There have been many good reports here and elsewhere about ADAC. The advantage of European breakdown appears to be that they see Europe as the starting point and that includes UK. Whereas UK cover see's mainland Europe as a liability.

Website is German at www.adac.de but there are plenty of good English speakers there and you can get a much better deal by all accounts.


----------



## backaxle (Nov 6, 2006)

Hi,Motorhomer 2.
Try these ,they cover UK. 365 days and Europe for 90 days per year(30 day at one time)all for £65 ...

Lifesure Group limited.
3 Fenice Court
Phoenix Park
Eaton Socon
St Neots
PE19 8EW
Telephone: 0871 726 1235
Facsimile: 0871 726 1299
Email: inf[email protected]

www.lifesure.co.uk/ -

Regards ,Backaxle


----------



## chrisblack (Sep 10, 2007)

adac looks interesting, but can't see if they offer repatriation of vehicle to uk (or in my case Ireland)

chris


----------



## 108717 (Dec 12, 2007)

Chris, either give them a ring (they speak good English) or email them. In fact I have the email address of a contact there who, last time I used it spoke good English. I'm sure she wouldn't thank me for posting her email on an open forum so I'll PM it to you.


----------



## Happyrunner (Oct 1, 2006)

Hi Motorhomer 2

Be careful and make sure you get full European cover , some insurance companies who offer fully comprehensive insurance, only give third party cover when travelling in Europe.

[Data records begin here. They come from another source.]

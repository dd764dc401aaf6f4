//! A vector whose capacity is taken once.
ghost use Rattle.std.specs.Prelude.{◌≡◌, ◌+◌, ◌<◌, ◌≤◌, [], ◌∷◌, ◌++◌, length, take, replicate, slice_get, slice_set, Some, IfOk};
ghost use Rattle.std.specs.List.{insert, remove};

use crate::counted_alloc::CountedAlloc;
use crate::reserved_vec::ReservedVec;
use crate::slots;
use std::alloc::AllocError;
use std::marker::Model;

/// Items, and room for a number of them that stays. Memory for all of them is taken by `new`, the only call that allocates,
/// and touched as items come.
///
/// Clauses see the items and the capacity. Each call takes constant time or one move of memory, beside the first touch of
/// memory.
///
/// Proved: Each call of a vector whose capacity is taken once is one equation of lists, and keeps its capacity.
pub struct FixedVec<T: Copy> {
    // The items stand at the beginning. What lies after them is of no account.
    slots: ReservedVec<T>,
    len: usize,
    capacity: usize,
}

// Derived, it would be gone through part by part in the proof of each function that owns such a vector.
impl<T: Copy> Drop for FixedVec<T> {
    fn drop(self) {
        let FixedVec {
            slots: _,
            len: _,
            capacity: _,
        } = self;
    }
}

impl<T: Copy> Model for FixedVec<T> {
    ghost use Rattle.std.specs.Prelude.{◌≡◌, ◌≤◌, length, take};
    ghost use Rattle.nr_vectors.specs.Items.{Items};

    ghost Value = { Items T };

    ghost view = { λ v. record { items = take v.len v.slots.items; capacity = v.capacity } };

    ghost invariant = { λ v. (v.len ≤ length v.slots.items)
        × ((length v.slots.items ≤ v.capacity) × (v.slots.capacity ≡ v.capacity)) };
}

impl<T: Copy> FixedVec<T> {
    /// No items, and room for so many: `AllocError` where there is no memory for them.
    ///
    /// Proved: There is memory for as many items as its capacity says, no more and no fewer, after every call: by the
    /// type's invariant that is the capacity of its vector. (`FixedVec::{new, memory}`)
    pub fn new(alloc: &mut CountedAlloc, capacity: usize) -> Result<FixedVec<T>, AllocError>
        ensures made { IfOk result (λ made. made ≡ record { items = []; capacity = capacity }) }
        ensures taken { IfOk result (λ made. alloc.new ≡ alloc.old + capacity) }
    {
        let slots = ReservedVec::new(alloc, capacity)?;
        Ok(FixedVec {
            slots,
            len: 0,
            capacity,
        })
    }

    /// The number of items.
    #[inline]
    pub fn len(&self) -> usize
        ensures value { result ≡ length self.now.items }
        ensures within { result ≤ self.now.capacity }
    {
        self.len
    }

    /// The greatest number of items.
    #[inline]
    pub fn capacity(&self) -> usize
        ensures value { result ≡ self.now.capacity }
        ensures holds { length self.now.items ≤ result }
    {
        self.capacity
    }

    /// How many items there is memory for, as its vector tells.
    pub fn memory(&self) -> usize
        ensures { result ≡ self.now.capacity }
    {
        self.slots.capacity()
    }

    /// The items.
    #[inline]
    pub fn as_slice(&self) -> &[T]
        ensures value { result.now ≡ self.now.items }
        ensures within { length result.now ≤ self.now.capacity }
    {
        let slots = self.slots.as_slice();
        &slots[..self.len]
    }

    /// The item at a place, counted from 0.
    #[inline]
    pub fn get(&self, place: usize) -> T
        requires { place < length self.now.items }
        ensures { slice_get self.now.items place ≡ Some result }
    {
        self.slots[place]
    }

    /// Puts another item at a place.
    #[inline]
    pub fn set(&mut self, place: usize, item: T)
        requires { place < length self.old.items }
        ensures items { self.new.items ≡ slice_set self.old.items place item }
        ensures room { self.new.capacity ≡ self.old.capacity }
    {
        self.slots[place] = item;
    }

    /// Adds an item at the end. Where it is the first there, it is written once.
    #[inline]
    pub fn push(&mut self, item: T)
        requires { length self.old.items < self.old.capacity }
        ensures items { self.new.items ≡ self.old.items ++ item ∷ [] }
        ensures room { self.new.capacity ≡ self.old.capacity }
    {
        let len = self.len;
        if len == self.slots.len() {
            self.slots.push(item);
            self.len = len + 1;
            return;
        }
        self.slots[len] = item;
        self.len = len + 1;
    }

    /// Adds items at the end.
    #[inline]
    pub fn extend(&mut self, more: &[T])
        requires { length self.old.items + length more.now ≤ self.old.capacity }
        ensures items { self.new.items ≡ self.old.items ++ more.now }
        ensures room { self.new.capacity ≡ self.old.capacity }
    {
        let end = self.len + more.len();
        fit(&mut self.slots, self.len, end, more);
        slots::add(self.slots.as_mut_slice(), self.len, more);
        self.len = end;
    }

    /// Adds the first n of these items. A few more are copied than are added where there are places for them on both sides,
    /// as a copy of a fixed length is the cheapest.
    #[inline(always)]
    pub fn extend_prefix(&mut self, more: &[T], n: usize)
        requires prefix { n ≤ length more.now }
        requires room { length self.old.items + n ≤ self.old.capacity }
        ensures items { self.new.items ≡ self.old.items ++ take n more.now }
        ensures room { self.new.capacity ≡ self.old.capacity }
    {
        if slots::add_few(self.slots.as_mut_slice(), self.len, more, n) {
            self.len += n;
            return;
        }
        self.extend(&more[..n]);
    }

    /// Adds n copies of an item. A few more are written than are added where there are places for them, as with `extend_prefix`.
    #[inline(always)]
    pub fn extend_copies(&mut self, item: T, n: usize)
        requires { length self.old.items + n ≤ self.old.capacity }
        ensures items { self.new.items ≡ self.old.items ++ replicate n item }
        ensures room { self.new.capacity ≡ self.old.capacity }
    {
        if !slots::add_few_copies(self.slots.as_mut_slice(), self.len, item, n) {
            self.slots.lengthen(self.len + n, item);
            slots::add_copies(self.slots.as_mut_slice(), self.len, item, n);
        }
        self.len += n;
    }

    /// Adds copies of an item, and after them the first n of these items. A few more of both are written than are added where
    /// there are places for them, as with `extend_prefix`.
    #[inline(always)]
    pub fn extend_after_copies(&mut self, item: T, copies: usize, more: &[T], n: usize)
        requires prefix { n ≤ length more.now }
        requires room { length self.old.items + copies + n ≤ self.old.capacity }
        ensures items { self.new.items ≡ self.old.items ++ replicate copies item ++ take n more.now }
        ensures room { self.new.capacity ≡ self.old.capacity }
    {
        if slots::add_few_after_copies(self.slots.as_mut_slice(), self.len, item, copies, more, n) {
            self.len += copies + n;
            return;
        }
        self.extend_copies(item, copies);
        self.extend(&more[..n]);
    }

    /// Puts an item before the one at a place, or at the end.
    #[inline]
    pub fn insert(&mut self, place: usize, item: T)
        requires within { place ≤ length self.old.items }
        requires room { length self.old.items < self.old.capacity }
        ensures items { self.new.items ≡ insert self.old.items place item }
        ensures room { self.new.capacity ≡ self.old.capacity }
    {
        self.slots.lengthen(self.len + 1, item);
        slots::insert_item(self.slots.as_mut_slice(), self.len, place, item);
        self.len += 1;
    }

    /// Takes the item at a place away.
    #[inline]
    pub fn remove(&mut self, place: usize)
        requires { place < length self.old.items }
        ensures items { self.new.items ≡ remove self.old.items place }
        ensures room { self.new.capacity ≡ self.old.capacity }
    {
        slots::remove_item(self.slots.as_mut_slice(), self.len, place);
        self.len -= 1;
    }

    /// Keeps the first n items.
    #[inline]
    pub fn truncate(&mut self, n: usize)
        requires { n ≤ length self.old.items }
        ensures items { self.new.items ≡ take n self.old.items }
        ensures room { self.new.capacity ≡ self.old.capacity }
    {
        self.len = n;
    }

    /// Takes copies of the items of another vector in place of its own.
    pub fn copy_from(&mut self, other: &FixedVec<T>)
        requires { other.now.capacity ≡ self.old.capacity }
        ensures { self.new ≡ other.now }
    {
        self.len = 0;
        self.extend(other.as_slice());
    }

    /// Takes all items away.
    #[inline]
    pub fn clear(&mut self)
        ensures items { self.new.items ≡ [] }
        ensures room { self.new.capacity ≡ self.old.capacity }
    {
        self.len = 0;
    }
}

/// Makes sure that there are places for all these items after the first `len`, up to `end`.
#[inline]
fn fit<T: Copy>(slots: &mut ReservedVec<T>, len: usize, end: usize, more: &[T])
    requires len { len ≤ length slots.old.items }
    requires end { end ≡ len + length more.now }
    requires asked { end ≤ slots.old.capacity }
    requires held { length slots.old.items ≤ slots.old.capacity }
    ensures prefix { take len slots.new.items ≡ take len slots.old.items }
    ensures least { end ≤ length slots.new.items }
    ensures held { length slots.new.items ≤ slots.new.capacity }
    ensures room { slots.new.capacity ≡ slots.old.capacity }
{
    if end > slots.len() {
        slots.lengthen(end, more[0]);
    }
}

Try Comfort Insurance Underwriter - Norwich Union.

We have fully comprehensive cover on all Eeropean traveling and no age, size, weight or height restrictions and full RAC Recovery in UK, 
( Horizon Advantage is for European Breakdown Assistance) 365 days per year cost around £55 for breakdown cover on top of the insurance. Tel Ben Cue on 02089840777 or E-mail on 
www.comfort-insurance.co.uk
Regards Mike
Happerunner


----------